# Exercise objective
Starting at the top of the entries, restate word for word each line up to and including the one with "0x1100, task = 1, assigned".

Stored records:
********

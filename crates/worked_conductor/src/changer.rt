//! The loops of docs/use/CONDUCTOR.md on the machine with a tool changer of examples/tool_changer.toml. Its gripper is
//! connected and disconnected between cycles, and its slaves are simulated.

use crate::changer::Tool::{Comes, Goes, Stays};
use crate::lines::{first_two, opened_line};
use crate::loops::{Network, master_cycle, task_cycle};
use hc_conductor::conductor::Conductor;
use hc_conductor::seat::TaskSeat;
use hc_events::answer::Answer;
use hc_machine::SlaveMachine;
use hc_records::edit::Edit;
use hc_records::records::VarId;
use std::alloc::{AllocError, Global};
use std::sync::Wait;

/// A coupler, two axes, the machine's own inputs and outputs, three tools, and a feeder module that docks.
const CHANGER: &str = r#"
[[slave]]
station = 1001

[[slave]]
station = 1002
area = [
    { sm = 2, dir = "out", phys = 0x1100, task = 0, assigned = [0x1600], pdo = [
        { index = 0x1600, entries = [[1, 16], [2, 32]] },
        { index = 0x1601, entries = [[3, 16], [4, 32]] },
    ] },
    { sm = 3, dir = "in", phys = 0x1180, task = 0, assigned = [0x1a00], pdo = [
        { index = 0x1a00, entries = [[11, 16], [12, 32]] },
        { index = 0x1a01, entries = [[13, 16], [14, 32], [15, 16]] },
    ] },
]

[[slave]]
station = 1003
area = [
    { sm = 2, dir = "out", phys = 0x1100, task = 0, assigned = [0x1601, 0x1600], pdo = [
        { index = 0x1600, entries = [[21, 16], [22, 32]] },
        { index = 0x1601, entries = [[23, 8], [0, 8]] },
    ] },
    { sm = 3, dir = "in", phys = 0x1180, task = 0, assigned = [0x1a00], pdo = [
        { index = 0x1a00, entries = [[31, 16], [32, 32]] },
    ] },
]

[[slave]]
station = 1004
area = [
    { sm = 0, dir = "out", phys = 0x1000, task = 1, assigned = [0x1600, 0x1601, 0x1602, 0x1603], pdo = [
        { index = 0x1600, entries = [[41, 1]] },
        { index = 0x1601, entries = [[42, 1]] },
        { index = 0x1602, entries = [[43, 1]] },
        { index = 0x1603, entries = [[44, 1]] },
    ] },
    { sm = 1, dir = "in", phys = 0x1080, task = 1, assigned = [0x1a00], pdo = [
        { index = 0x1a00, entries = [[51, 1], [52, 1], [53, 1], [0, 5]] },
    ] },
]

[[group]]
alias = 100

[[group.slave]]
station = 2001
area = [
    { sm = 2, dir = "out", phys = 0x1100, task = 1, assigned = [0x1600], pdo = [
        { index = 0x1600, entries = [[101, 1], [102, 1], [0, 6]] },
    ] },
    { sm = 3, dir = "in", phys = 0x1180, task = 1, assigned = [0x1a00], pdo = [
        { index = 0x1a00, entries = [[111, 1], [112, 1], [0, 6], [113, 16]] },
    ] },
]

[[group]]
alias = 101

[[group.slave]]
station = 2101
area = [
    { sm = 2, dir = "out", phys = 0x1100, task = 0, assigned = [0x1600], pdo = [
        { index = 0x1600, entries = [[201, 16], [202, 16]] },
    ] },
    { sm = 3, dir = "in", phys = 0x1180, task = 0, assigned = [0x1a00], pdo = [
        { index = 0x1a00, entries = [[211, 16], [212, 32], [213, 16]] },
    ] },
]

[[group.slave]]
station = 2102
area = [
    { sm = 3, dir = "in", phys = 0x1180, task = 1, assigned = [0x1a01], pdo = [
        { index = 0x1a00, entries = [[214, 16]] },
        { index = 0x1a01, entries = [[215, 12], [0, 4]] },
    ] },
]

[[group]]
alias = 102

[[group.slave]]
station = 2201
area = [
    { sm = 3, dir = "in", phys = 0x1180, task = 0, assigned = [0x1a00], pdo = [
        { index = 0x1a00, entries = [[221, 1], [222, 1], [0, 6]] },
    ] },
]

[[group]]
alias = 200

[[group.slave]]
station = 3001

[[group.slave]]
station = 3002
area = [
    { sm = 2, dir = "out", phys = 0x1800, task = 1, assigned = [0x1600], pdo = [
        { index = 0x1600, entries = [[301, 16], [302, 16]] },
    ] },
    { sm = 3, dir = "in", phys = 0x1c00, task = 1, assigned = [], pdo = [
        { index = 0x1a00, entries = [[311, 16], [312, 16]] },
    ] },
]
"#;

/// The position of axis X, in task 0.
const POSITION: u32 = 12;

/// The pressure of the gripper, in task 1.
const PRESSURE: u32 = 113;

/// The slaves that are on the line, in its order.
#[derive(Drop)]
struct Slaves {
    machines: Vec<SlaveMachine>,
}

impl Network for Slaves {
    fn exchange(&mut self, frame: &mut [u8]) {
        for machine in self.machines.iter_mut() {
            machine.process(frame);
        }
    }
}

impl Slaves {
    /// A slave joins the line after the others, with its station address and its inputs, which begin at 0x1180.
    fn join(&mut self, alloc: Global, station: u16, inputs: [u8; 6]) -> Result<(), AllocError> {
        let mut machine = SlaveMachine::new(alloc, 0)?;
        machine.write_memory(0x0010, &station.to_le_bytes());
        machine.write_memory(0x1180, &inputs);
        self.machines.push(machine)?;
        Ok(())
    }

    /// A byte of a slave's memory. None if there is no such slave or byte.
    fn byte(&self, place: usize, at: usize) -> Option<u8> {
        let machine = self.machines.get(place)?;
        machine.memory().get(at).copied()
    }
}

/// The slaves that are always there. Axis X is at 74,565.
fn always_there(alloc: Global) -> Result<Slaves, AllocError> {
    let mut slaves = Slaves {
        machines: Vec::new(alloc),
    };
    slaves.join(alloc, 1001, [0; 6])?;
    slaves.join(alloc, 1002, [0x37, 0x06, 0x45, 0x23, 0x01, 0])?;
    slaves.join(alloc, 1003, [0; 6])?;
    slaves.join(alloc, 1004, [0; 6])?;
    Ok(slaves)
}

/// The change of the gripper before a cycle.
#[derive(Clone, Copy)]
enum Tool {
    Comes,
    Goes,
    Stays,
}

/// Connects the gripper, closed and with a pressure of 1,000, or disconnects it. True if the edit is accepted, or the gripper
/// stays.
fn is_changed(alloc: Global, conductor: &mut Conductor, slaves: &mut Slaves, tool: Tool) -> bool {
    let edit = match tool {
        Tool::Comes => Edit::Connect(100),
        Tool::Goes => Edit::Disconnect(100),
        Tool::Stays => return true,
    };
    let is_ready = match tool {
        Tool::Comes => slaves.join(alloc, 2001, [1, 0xe8, 0x03, 0, 0, 0]).is_ok(),
        _ => slaves.machines.pop().is_some(),
    };
    is_ready && matches!(conductor.edit(alloc, &edit), Answer::Edited { .. })
}

/// The result of a cycle: the position and the pressure as their tasks read them, and the first byte of outputs of axis X, of
/// the machine and of the gripper in the slaves' memory.
type Shown = ([Option<u64>; 2], [Option<u8>; 3]);

/// Both tasks' seats.
type Seats = (TaskSeat, TaskSeat);

/// A cycle of all threads, one after the other. Task 0 posts bytes of 5, and task 1 bytes of 0xf1.
fn shown<R: Wait>(
    rt: &R,
    alloc: Global,
    conductor: &mut Conductor,
    slaves: &mut Slaves,
    seats: Seats,
    inputs: &(VarId, VarId),
) -> (Seats, Option<Shown>) {
    let gone = master_cycle(rt, alloc, conductor, slaves).is_ok();
    let (motion, position) = task_cycle(seats.0, inputs.0, 5);
    let (slower, pressure) = task_cycle(seats.1, inputs.1, 0xf1);
    let outputs = [
        slaves.byte(1, 0x1100),
        slaves.byte(3, 0x1000),
        slaves.byte(4, 0x1100),
    ];
    let shown = ([position, pressure], outputs);
    ((motion, slower), if gone { Some(shown) } else { None })
}

/// The position of axis X.
const AT: Option<u64> = Some(74_565);

/// The results, cycle by cycle. A post of one cycle is sent in the next. A post for the epoch before an edit is refused, and
/// the axis and the machine keep their outputs. The machine has four bits of outputs, the gripper two: the other bits of a post
/// are sent as 0.
const ROWS: [(Tool, Shown); 7] = [
    (Stays, ([AT, None], [Some(0), Some(0), None])),
    (Stays, ([AT, None], [Some(5), Some(1), None])),
    (Comes, ([AT, Some(1000)], [Some(5), Some(1), Some(0)])),
    (Stays, ([AT, Some(1000)], [Some(5), Some(1), Some(1)])),
    (Goes, ([AT, None], [Some(5), Some(1), None])),
    (Comes, ([AT, Some(1000)], [Some(5), Some(1), Some(0)])),
    (Stays, ([AT, Some(1000)], [Some(5), Some(1), Some(1)])),
];

/// The number of the first cycle with another result. `ROWS.len()` if there is none.
fn first_other<R: Wait>(
    rt: &R,
    alloc: Global,
    conductor: &mut Conductor,
    slaves: &mut Slaves,
    seats: Seats,
    inputs: &(VarId, VarId),
) -> usize {
    let mut seats = seats;
    let mut number: usize = 0;
    for row in &ROWS {
        let changed = is_changed(alloc, conductor, slaves, row.0);
        let (back, seen) = shown(rt, alloc, conductor, slaves, seats, inputs);
        if !changed || seen != Some(row.1) {
            return number;
        }
        seats = back;
        number = number.saturating_add(1);
    }
    number
}

/// The number of the first cycle with another result, from the machine's opening on.
fn first_other_of<R: Wait>(rt: &R, alloc: Global) -> Option<usize> {
    let mut slaves = always_there(alloc).ok()?;
    let inputs = (VarId::new(POSITION)?, VarId::new(PRESSURE)?);
    let (mut conductor, seats) = opened_line(rt, alloc, CHANGER)?;
    let number = match first_two(seats) {
        Some(seats) => Some(first_other(rt, alloc, &mut conductor, &mut slaves, seats, &inputs)),
        None => None,
    };
    conductor.finish(rt);
    number
}

/// The loops of the master and of its tasks go on, cycle by cycle, while a gripper is connected and disconnected.
#[test]
fn both_loops_go_on_over_tool_changes(rt: HostRuntime) {
    assert_eq!(rt; first_other_of(&rt, rt.alloc()), Some(ROWS.len()));
}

********

# Solution to the problem
filename crates/worked_conductor/src/changer.rt
//! The loops of docs/use/CONDUCTOR.md on the machine with a tool changer of examples/tool_changer.toml. Its gripper is
//! connected and disconnected between cycles, and its slaves are simulated.

use crate::changer::Tool::{Comes, Goes, Stays};
use crate::lines::{first_two, opened_line};
use crate::loops::{Network, master_cycle, task_cycle};
use hc_conductor::conductor::Conductor;
use hc_conductor::seat::TaskSeat;
use hc_events::answer::Answer;
use hc_machine::SlaveMachine;
use hc_records::edit::Edit;
use hc_records::records::VarId;
use std::alloc::{AllocError, Global};
use std::sync::Wait;

/// A coupler, two axes, the machine's own inputs and outputs, three tools, and a feeder module that docks.
const CHANGER: &str = r#"
[[slave]]
station = 1001

[[slave]]
station = 1002
area = [
    { sm = 2, dir = "out", phys = 0x1100, task = 0, assigned = [0x1600], pdo = [
        { index = 0x1600, entries = [[1, 16], [2, 32]] },
        { index = 0x1601, entries = [[3, 16], [4, 32]] },
    ] },
    { sm = 3, dir = "in", phys = 0x1180, task = 0, assigned = [0x1a00], pdo = [
        { index = 0x1a00, entries = [[11, 16], [12, 32]] },
        { index = 0x1a01, entries = [[13, 16], [14, 32], [15, 16]] },
    ] },
]

[[slave]]
station = 1003
area = [
    { sm = 2, dir = "out", phys = 0x1100, task = 0, assigned = [0x1601, 0x1600], pdo = [
        { index = 0x1600, entries = [[21, 16], [22, 32]] },
        { index = 0x1601, entries = [[23, 8], [0, 8]] },
    ] },
    { sm = 3, dir = "in", phys = 0x1180, task = 0, assigned = [0x1a00], pdo = [
        { index = 0x1a00, entries = [[31, 16], [32, 32]] },
    ] },
]

[[slave]]
station = 1004
area = [
    { sm = 0, dir = "out", phys = 0x1000, task = 1, assigned = [0x1600, 0x1601, 0x1602, 0x1603], pdo = [
        { index = 0x1600, entries = [[41, 1]] },
        { index = 0x1601, entries = [[42, 1]] },
        { index = 0x1602, entries = [[43, 1]] },
        { index = 0x1603, entries = [[44, 1]] },
    ] },
    { sm = 1, dir = "in", phys = 0x1080, task = 1, assigned = [0x1a00], pdo = [
        { index = 0x1a00, entries = [[51, 1], [52, 1], [53, 1], [0, 5]] },
    ] },
]

[[group]]
alias = 100

[[group.slave]]
station = 2001
area = [
    { sm = 2, dir = "out", phys = 0x1100, task = 1, assigned = [0x1600], pdo = [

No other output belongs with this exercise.